Good scalability GraphSAGE, geolocation using UVM or peer accesses, and local graph clustering belong to this group. They share some algorithmic signatures: the whole graph needs to be visited at least once in every iteration, and visiting each edge involves nontrivial computation. The communication costs are roughly at the level of $V$. As a result, the computation vs. communication ratio is larger than $E : V$. PageRank is a standard graph algorithm that falls in this group.

Moderate scalability This group includes Louvain, geolocation using explicit movement, vertex nomination, scan statistics, and graph projection. They either only visit part of the graph in an iteration, have only trivial computation during an edge visit, or communicate a little more data than $V$. The computation vs. communication is less than $E : V$, but still larger than 1 (or 1 operation : 4 bytes). They are still scalable on the DGX-1 system, but not as well as the previous group. Single source shortest path (SSSP) is an typical example for this group.
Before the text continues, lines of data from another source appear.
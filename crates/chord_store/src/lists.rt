//! The operations of the stores over a list of pairs.
ghost use Rattle.std.specs.Prelude.{◌≡◌, [], bytes_eq, filter, length, IfOk, IsOk};
ghost use Rattle.std.specs.Ordering.{is_le, is_lt, nat_cmp};
ghost use Rattle.std.specs.Cmp.Lexicographic.{slice_cmp};
ghost use Rattle.chord_map.specs.Copies.{AreFew};
ghost use Rattle.chord_map.specs.Map.{values_at};
ghost use Rattle.chord_map.specs.Pairs.{IsRising};
ghost use Rattle.chord_ident.specs.Circle.{in_span, key_id};
ghost use Rattle.chord_store.specs.Inside.{pairs_inside, pairs_outside};
ghost use Rattle.chord_store.specs.Store.{HasFew, InsertIs, PutAllIs};

use crate::cut::CountSpan;
use crate::outcome::{Inserted, StoreFault};
use chord_ident::{Id, Span};
use chord_map::limits::SET_VALUES;
use chord_map::{Pair, PairList, Values};
use std::alloc::{AllocError, Global};

/// The pairs of a key, which are neighbours in a sorted list: both ends are found by binary search.
fn run_of<'a>(pairs: &'a [Pair], key: &[u8]) -> &'a [Pair]
    requires { IsRising pairs.now }
    ensures { result.now ≡ filter (λ pair. bytes_eq pair.key key.now) pairs.now }
{
    let start = pairs.partition_point(
        |pair: &Pair| -> bool
            ensures { result ≡ is_lt (slice_cmp nat_cmp pair.now.key key.entry.now) }
        { pair.key.as_slice().cmp(&key).is_lt() },
    );
    let end = pairs.partition_point(
        |pair: &Pair| -> bool
            ensures { result ≡ is_le (slice_cmp nat_cmp pair.now.key key.entry.now) }
        { pair.key.as_slice().cmp(&key).is_le() },
    );
    &pairs[start..][..end - start]
}

/// The number of values under a key of a sorted list.
fn count_under(pairs: &[Pair], key: &[u8]) -> usize
    requires { IsRising pairs.now }
    ensures { result ≡ length (values_at key.now pairs.now) }
{
    run_of(pairs, key).len()
}

/// Copies of the values under a key of a sorted list, in byte order.
pub fn values_under(alloc: Global, pairs: &[Pair], key: &[u8]) -> Result<Values, AllocError>
    requires { IsRising pairs.now }
    ensures copy { IfOk result (λ values. values ≡ values_at key.now pairs.now) }
    ensures few { AreFew (values_at key.now pairs.now) → IsOk result }
{
    let mut values = Values::new(alloc);
    for pair in run_of(pairs, key) {
        values.push(pair.value.try_copy()?)?;
    }
    Ok(values)
}

/// Adds the value under the key in a list of at most `limit` pairs.
pub fn insert_within(
    pairs: &mut PairList,
    limit: u64,
    key: &[u8],
    value: &[u8],
) -> Result<Inserted, StoreFault>
    requires few { HasFew pairs.old }
    ensures answer { InsertIs (record { key = key.now; value = value.now }) pairs.old limit result pairs.new }
    ensures few { HasFew pairs.new }
{
    if pairs.contains(key, value) {
        return Ok(Inserted::Present);
    }
    if count_under(pairs.as_slice(), key) >= SET_VALUES {
        return Ok(Inserted::SetFull);
    }
    if limit <= pairs.len() as u64 {
        return Err(StoreFault::Full);
    }
    match pairs.insert(key, value) {
        Ok(()) => Ok(Inserted::Added),
        Err(_) => Err(StoreFault::Memory),
    }
}

/// Whether the pair's key lies in the span.
pub fn is_inside(span: &Span, pair: &Pair) -> bool
    ensures { result ≡ in_span span.now (key_id pair.now.key) }
{
    span.contains(Id::of_bytes(pair.key.as_slice()))
}

/// Removes the pairs whose keys lie in the span.
pub fn take_out(pairs: &mut PairList, span: &Span)
    ensures change { pairs.new ≡ pairs_outside span.now pairs.old }
    ensures few { HasFew pairs.old → HasFew pairs.new }
{
    pairs.retain(|pair| !is_inside(span, pair));
}

/// Copies of the pairs whose keys lie in the span, in order.
#[tactic(auto, unfolding(crate::specs::Inside::pairs_inside))]
pub fn copy_span(alloc: Global, pairs: &[Pair], span: &Span) -> Result<Vec<Pair>, AllocError>
    ensures copies { IfOk result (λ copies. copies.items ≡ pairs_inside span.now pairs.now) }
    ensures none { pairs_inside span.now pairs.now ≡ [] → IsOk result }
{
    let mut copies = Vec::new(alloc);
    for pair in pairs {
        if is_inside(span, pair) {
            copies.push(pair.try_copy()?)?;
        }
    }
    Ok(copies)
}

impl CountSpan for PairList {
    ghost pairs = { λ list. list };

    /// It computes the identifier of each key.
    fn count_span(&self, span: &Span) -> u64 {
        count_inside(self.as_slice(), span)
    }
}

/// The number of pairs whose keys lie in the span.
#[tactic(auto, unfolding(crate::specs::Inside::pairs_inside))]
fn count_inside(pairs: &[Pair], span: &Span) -> u64
    ensures { result ≡ length (pairs_inside span.now pairs.now) }
{
    let mut count = 0u64;
    for counted in pairs {
        if is_inside(span, counted) {
            count += 1;
        }
    }
    count
}

/// Adds the pairs, which lie in a span where the list has none,
/// to a list of at most `limit` pairs: all of them or none.
pub fn put_all_within(
    list: &mut PairList,
    limit: u64,
    span: &Span,
    pairs: &[Pair],
) -> Result<(), StoreFault>
    requires vacant { pairs_inside span.now list.old ≡ [] }
    requires within { pairs_inside span.now pairs.now ≡ pairs.now }
    requires few_there { HasFew list.old }
    requires few { HasFew pairs.now }
    ensures answer { PutAllIs pairs.now list.old limit result list.new }
    ensures few { HasFew list.new }
{
    let count = list.len() as u64;
    if limit < count || limit - count < pairs.len() as u64 {
        return Err(StoreFault::Full);
    }
    for pair in pairs {
        match list.insert(pair.key.as_slice(), pair.value.as_slice()) {
            Ok(()) => {}
            Err(_) => {
                take_out(list, span);
                return Err(StoreFault::Memory);
            }
        }
    }
    Ok(())
}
Poor scalability Random walk, graph search, and sparse fused lasso belong to this group. They need to send out some data for each vertex or edge visit. As a result, the computation vs communication ratio is less than 1 (or 1 operation : 4 bytes). They are very hard to scale across multiple GPUs. Random walk is an typical example.